> **Task description**: Among the records below, which lines contain the string "that"? Report them.

⁂

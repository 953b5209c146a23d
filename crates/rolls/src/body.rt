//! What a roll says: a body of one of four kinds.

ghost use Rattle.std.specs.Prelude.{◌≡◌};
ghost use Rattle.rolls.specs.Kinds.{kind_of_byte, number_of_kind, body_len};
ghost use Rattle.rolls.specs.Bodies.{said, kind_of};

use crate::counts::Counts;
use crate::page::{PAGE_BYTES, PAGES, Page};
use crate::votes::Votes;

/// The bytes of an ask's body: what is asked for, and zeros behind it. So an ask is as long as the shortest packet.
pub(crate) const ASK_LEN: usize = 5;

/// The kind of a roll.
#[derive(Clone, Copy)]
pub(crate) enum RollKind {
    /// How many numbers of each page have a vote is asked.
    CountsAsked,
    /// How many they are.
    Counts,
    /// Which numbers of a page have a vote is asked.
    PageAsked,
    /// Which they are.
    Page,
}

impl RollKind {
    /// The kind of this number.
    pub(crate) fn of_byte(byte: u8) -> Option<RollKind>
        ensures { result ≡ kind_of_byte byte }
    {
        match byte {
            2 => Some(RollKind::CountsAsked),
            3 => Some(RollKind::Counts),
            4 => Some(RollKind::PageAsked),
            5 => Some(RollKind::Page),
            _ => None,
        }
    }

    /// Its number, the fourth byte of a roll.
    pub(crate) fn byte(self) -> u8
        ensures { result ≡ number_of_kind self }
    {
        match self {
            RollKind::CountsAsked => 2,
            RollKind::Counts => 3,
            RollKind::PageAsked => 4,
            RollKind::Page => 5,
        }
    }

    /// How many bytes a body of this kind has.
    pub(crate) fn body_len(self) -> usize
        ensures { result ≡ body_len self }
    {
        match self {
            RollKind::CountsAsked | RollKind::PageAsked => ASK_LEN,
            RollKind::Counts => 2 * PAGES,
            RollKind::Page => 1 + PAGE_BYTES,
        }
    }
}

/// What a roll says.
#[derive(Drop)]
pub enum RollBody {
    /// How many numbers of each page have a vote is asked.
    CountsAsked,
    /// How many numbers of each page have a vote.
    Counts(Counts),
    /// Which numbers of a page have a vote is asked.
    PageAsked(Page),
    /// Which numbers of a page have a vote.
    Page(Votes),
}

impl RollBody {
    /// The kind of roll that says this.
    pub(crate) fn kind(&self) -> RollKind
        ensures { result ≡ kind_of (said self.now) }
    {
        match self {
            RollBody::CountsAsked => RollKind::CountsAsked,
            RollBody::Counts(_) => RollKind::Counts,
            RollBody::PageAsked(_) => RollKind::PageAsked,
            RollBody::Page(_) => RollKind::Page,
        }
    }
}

⁂

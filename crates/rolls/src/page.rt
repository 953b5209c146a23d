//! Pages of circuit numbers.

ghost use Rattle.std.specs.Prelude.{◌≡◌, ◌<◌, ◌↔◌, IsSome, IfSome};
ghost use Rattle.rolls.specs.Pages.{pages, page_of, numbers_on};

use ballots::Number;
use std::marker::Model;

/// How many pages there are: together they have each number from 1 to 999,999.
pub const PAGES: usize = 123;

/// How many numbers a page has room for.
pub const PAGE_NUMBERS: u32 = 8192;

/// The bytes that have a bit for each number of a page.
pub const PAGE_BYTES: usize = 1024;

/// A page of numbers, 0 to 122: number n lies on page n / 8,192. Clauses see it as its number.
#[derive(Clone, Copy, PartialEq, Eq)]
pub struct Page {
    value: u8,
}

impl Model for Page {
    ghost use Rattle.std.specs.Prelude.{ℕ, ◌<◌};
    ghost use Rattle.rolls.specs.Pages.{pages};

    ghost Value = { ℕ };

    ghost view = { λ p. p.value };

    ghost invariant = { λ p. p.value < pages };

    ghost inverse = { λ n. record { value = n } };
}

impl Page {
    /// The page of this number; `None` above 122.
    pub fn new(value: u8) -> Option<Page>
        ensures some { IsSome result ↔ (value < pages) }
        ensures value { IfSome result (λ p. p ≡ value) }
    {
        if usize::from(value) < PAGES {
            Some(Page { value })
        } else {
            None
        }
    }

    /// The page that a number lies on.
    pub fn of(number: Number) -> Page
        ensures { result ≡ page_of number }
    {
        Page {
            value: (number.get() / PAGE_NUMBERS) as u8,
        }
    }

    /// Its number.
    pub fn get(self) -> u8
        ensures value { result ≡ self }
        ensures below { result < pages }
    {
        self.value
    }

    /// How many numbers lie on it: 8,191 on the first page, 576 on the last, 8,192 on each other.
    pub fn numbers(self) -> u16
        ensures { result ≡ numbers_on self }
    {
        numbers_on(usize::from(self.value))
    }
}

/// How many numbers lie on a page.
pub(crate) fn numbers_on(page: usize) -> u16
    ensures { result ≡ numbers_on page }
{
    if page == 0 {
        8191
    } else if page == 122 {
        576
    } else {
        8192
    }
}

⁂

> **Answer space**:
    /// The kind of roll that says this.
/// The bytes that have a bit for each number of a page.
    /// The page that a number lies on.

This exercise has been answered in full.